→ **Try it**: Would you output the entries below only from the line containing "by a number." through the line containing "pub fn serve(text: &[u8], out: &mut", exactly as they stand and with both ends included?

(Data for review)

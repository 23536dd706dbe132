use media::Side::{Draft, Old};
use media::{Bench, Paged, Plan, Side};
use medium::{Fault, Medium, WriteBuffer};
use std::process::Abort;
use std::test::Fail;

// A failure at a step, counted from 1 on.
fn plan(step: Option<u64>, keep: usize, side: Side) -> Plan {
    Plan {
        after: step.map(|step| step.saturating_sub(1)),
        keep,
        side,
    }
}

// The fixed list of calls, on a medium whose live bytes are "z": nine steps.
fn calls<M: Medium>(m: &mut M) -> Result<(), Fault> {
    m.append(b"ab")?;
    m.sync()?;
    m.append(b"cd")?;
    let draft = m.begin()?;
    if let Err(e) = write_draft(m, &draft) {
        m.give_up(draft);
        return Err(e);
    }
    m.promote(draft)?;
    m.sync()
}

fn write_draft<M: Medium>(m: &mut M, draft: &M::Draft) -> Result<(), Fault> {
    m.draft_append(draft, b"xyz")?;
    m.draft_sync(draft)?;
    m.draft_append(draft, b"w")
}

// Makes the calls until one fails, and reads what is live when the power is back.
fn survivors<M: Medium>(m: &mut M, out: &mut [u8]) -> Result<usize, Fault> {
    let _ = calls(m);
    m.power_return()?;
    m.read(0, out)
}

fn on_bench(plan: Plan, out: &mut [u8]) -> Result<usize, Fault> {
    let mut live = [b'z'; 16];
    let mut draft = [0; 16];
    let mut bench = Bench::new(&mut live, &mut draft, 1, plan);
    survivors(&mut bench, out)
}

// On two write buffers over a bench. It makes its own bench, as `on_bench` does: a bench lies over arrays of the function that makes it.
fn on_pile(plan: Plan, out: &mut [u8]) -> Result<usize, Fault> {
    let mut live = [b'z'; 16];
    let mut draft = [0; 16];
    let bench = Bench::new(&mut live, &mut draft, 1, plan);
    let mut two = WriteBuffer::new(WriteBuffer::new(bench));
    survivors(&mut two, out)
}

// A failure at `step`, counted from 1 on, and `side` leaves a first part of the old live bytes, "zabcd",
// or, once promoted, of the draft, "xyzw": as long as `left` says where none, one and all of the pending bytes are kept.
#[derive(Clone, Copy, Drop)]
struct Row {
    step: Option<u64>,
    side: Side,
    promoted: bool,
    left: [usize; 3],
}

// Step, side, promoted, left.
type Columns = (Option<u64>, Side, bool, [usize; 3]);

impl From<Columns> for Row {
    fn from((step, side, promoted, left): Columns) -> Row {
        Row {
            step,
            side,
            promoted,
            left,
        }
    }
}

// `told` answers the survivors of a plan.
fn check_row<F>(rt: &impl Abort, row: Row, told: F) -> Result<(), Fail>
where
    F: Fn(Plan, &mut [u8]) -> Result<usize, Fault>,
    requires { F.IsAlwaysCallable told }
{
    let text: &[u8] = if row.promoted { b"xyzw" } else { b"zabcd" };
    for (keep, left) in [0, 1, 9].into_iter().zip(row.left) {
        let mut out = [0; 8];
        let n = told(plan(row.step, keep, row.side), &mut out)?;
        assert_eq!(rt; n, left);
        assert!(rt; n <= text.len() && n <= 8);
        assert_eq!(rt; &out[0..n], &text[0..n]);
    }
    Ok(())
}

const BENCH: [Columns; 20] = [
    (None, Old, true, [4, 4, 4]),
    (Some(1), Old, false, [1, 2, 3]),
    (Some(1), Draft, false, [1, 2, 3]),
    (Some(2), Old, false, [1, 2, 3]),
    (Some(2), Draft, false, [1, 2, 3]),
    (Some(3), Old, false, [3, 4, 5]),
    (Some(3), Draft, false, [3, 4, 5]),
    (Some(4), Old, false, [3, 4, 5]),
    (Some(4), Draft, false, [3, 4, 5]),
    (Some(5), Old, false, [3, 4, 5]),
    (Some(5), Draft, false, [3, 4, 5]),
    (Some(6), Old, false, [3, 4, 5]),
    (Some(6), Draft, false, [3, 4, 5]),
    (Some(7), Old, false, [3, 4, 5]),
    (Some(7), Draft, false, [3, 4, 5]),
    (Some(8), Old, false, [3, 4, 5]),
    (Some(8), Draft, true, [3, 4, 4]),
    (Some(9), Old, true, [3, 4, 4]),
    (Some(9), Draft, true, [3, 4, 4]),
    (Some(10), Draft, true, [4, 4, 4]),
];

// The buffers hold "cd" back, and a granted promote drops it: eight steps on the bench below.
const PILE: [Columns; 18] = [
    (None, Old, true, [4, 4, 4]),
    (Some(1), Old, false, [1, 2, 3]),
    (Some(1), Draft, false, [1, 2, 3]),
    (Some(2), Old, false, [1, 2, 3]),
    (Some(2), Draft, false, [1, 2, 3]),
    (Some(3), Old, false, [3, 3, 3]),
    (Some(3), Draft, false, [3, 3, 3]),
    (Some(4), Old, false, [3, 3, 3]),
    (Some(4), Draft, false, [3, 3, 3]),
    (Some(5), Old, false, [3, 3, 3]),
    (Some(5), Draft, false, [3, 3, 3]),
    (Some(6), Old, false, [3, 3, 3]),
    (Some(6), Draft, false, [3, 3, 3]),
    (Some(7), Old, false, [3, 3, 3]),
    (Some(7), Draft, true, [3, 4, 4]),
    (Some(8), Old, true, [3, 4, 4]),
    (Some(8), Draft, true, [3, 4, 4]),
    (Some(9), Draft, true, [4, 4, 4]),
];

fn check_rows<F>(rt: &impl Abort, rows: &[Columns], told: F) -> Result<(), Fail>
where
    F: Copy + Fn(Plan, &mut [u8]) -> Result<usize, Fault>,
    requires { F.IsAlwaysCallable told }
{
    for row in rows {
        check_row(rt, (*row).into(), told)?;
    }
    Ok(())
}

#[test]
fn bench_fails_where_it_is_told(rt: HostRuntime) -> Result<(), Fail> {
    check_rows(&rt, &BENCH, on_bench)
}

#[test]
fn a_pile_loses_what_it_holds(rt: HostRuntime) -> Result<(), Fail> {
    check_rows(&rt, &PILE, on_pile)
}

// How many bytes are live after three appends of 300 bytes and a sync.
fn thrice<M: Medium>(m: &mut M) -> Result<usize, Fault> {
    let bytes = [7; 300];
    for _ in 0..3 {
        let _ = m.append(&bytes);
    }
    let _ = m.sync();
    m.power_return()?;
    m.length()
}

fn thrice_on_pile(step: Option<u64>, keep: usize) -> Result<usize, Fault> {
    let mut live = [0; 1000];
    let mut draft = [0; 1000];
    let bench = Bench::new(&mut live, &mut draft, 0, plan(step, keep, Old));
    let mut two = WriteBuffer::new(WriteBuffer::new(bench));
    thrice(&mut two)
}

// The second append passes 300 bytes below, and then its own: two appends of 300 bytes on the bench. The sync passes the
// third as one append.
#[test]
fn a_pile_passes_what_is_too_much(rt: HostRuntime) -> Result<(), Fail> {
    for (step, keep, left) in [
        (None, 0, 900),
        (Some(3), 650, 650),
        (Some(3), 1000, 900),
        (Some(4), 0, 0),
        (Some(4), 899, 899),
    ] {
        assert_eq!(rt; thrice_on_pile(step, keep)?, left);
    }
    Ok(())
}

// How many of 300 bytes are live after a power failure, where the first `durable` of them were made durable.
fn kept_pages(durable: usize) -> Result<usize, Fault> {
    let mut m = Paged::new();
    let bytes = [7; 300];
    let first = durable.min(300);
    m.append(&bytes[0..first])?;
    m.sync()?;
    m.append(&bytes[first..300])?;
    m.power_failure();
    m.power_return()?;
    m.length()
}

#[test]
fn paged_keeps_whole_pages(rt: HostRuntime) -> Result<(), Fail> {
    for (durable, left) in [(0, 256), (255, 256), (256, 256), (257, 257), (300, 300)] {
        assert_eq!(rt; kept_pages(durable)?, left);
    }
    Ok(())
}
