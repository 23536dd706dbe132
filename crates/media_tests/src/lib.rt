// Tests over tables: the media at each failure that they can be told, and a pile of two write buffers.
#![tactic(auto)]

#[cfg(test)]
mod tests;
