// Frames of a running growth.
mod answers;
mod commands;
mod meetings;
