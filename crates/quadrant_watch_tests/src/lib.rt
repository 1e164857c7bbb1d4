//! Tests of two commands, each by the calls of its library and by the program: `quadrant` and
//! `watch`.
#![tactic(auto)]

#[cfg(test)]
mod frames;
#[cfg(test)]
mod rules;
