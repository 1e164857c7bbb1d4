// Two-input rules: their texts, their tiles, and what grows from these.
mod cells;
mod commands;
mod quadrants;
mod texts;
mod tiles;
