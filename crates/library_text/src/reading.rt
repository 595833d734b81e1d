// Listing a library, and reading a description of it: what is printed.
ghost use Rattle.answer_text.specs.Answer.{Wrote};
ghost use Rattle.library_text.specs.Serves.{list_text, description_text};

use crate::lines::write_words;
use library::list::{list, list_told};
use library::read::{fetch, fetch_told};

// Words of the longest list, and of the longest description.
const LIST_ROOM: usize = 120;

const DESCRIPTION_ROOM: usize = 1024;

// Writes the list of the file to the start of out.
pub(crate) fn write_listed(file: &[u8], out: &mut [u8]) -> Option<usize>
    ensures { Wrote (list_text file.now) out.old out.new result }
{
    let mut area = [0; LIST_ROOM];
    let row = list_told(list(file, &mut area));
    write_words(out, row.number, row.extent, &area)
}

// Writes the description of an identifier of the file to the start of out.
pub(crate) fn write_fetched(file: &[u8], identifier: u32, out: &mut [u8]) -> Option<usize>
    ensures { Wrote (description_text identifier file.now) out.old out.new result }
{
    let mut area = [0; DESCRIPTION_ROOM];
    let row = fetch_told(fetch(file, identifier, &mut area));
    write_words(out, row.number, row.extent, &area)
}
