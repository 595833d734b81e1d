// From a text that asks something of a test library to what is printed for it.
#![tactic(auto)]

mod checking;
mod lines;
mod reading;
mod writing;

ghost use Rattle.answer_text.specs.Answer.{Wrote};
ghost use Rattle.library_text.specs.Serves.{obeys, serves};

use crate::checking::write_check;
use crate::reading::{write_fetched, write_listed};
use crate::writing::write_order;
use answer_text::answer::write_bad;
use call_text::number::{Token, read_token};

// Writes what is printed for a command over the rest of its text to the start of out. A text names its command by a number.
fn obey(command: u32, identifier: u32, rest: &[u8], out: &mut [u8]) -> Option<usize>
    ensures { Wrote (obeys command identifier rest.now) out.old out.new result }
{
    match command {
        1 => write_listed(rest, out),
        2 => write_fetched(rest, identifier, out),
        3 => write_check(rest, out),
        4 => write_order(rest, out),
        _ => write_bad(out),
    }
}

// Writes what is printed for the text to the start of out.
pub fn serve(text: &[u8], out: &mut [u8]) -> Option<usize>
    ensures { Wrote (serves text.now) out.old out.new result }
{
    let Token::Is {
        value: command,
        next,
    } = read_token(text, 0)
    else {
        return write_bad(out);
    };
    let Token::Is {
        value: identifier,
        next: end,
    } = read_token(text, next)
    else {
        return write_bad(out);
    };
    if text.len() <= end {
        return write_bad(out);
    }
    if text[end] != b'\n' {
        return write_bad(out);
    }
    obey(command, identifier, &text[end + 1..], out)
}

(End Data for review)

→ **Task response**:
// Writes what is printed for a command over the rest of its text to the start of out. A text names its command by a number.
fn obey(command: u32, identifier: u32, rest: &[u8], out: &mut [u8]) -> Option<usize>
    ensures { Wrote (obeys command identifier rest.now) out.old out.new result }
{
    match command {
        1 => write_listed(rest, out),
        2 => write_fetched(rest, identifier, out),
        3 => write_check(rest, out),
        4 => write_order(rest, out),
        _ => write_bad(out),
    }
}

// Writes what is printed for the text to the start of out.
pub fn serve(text: &[u8], out: &mut [u8]) -> Option<usize>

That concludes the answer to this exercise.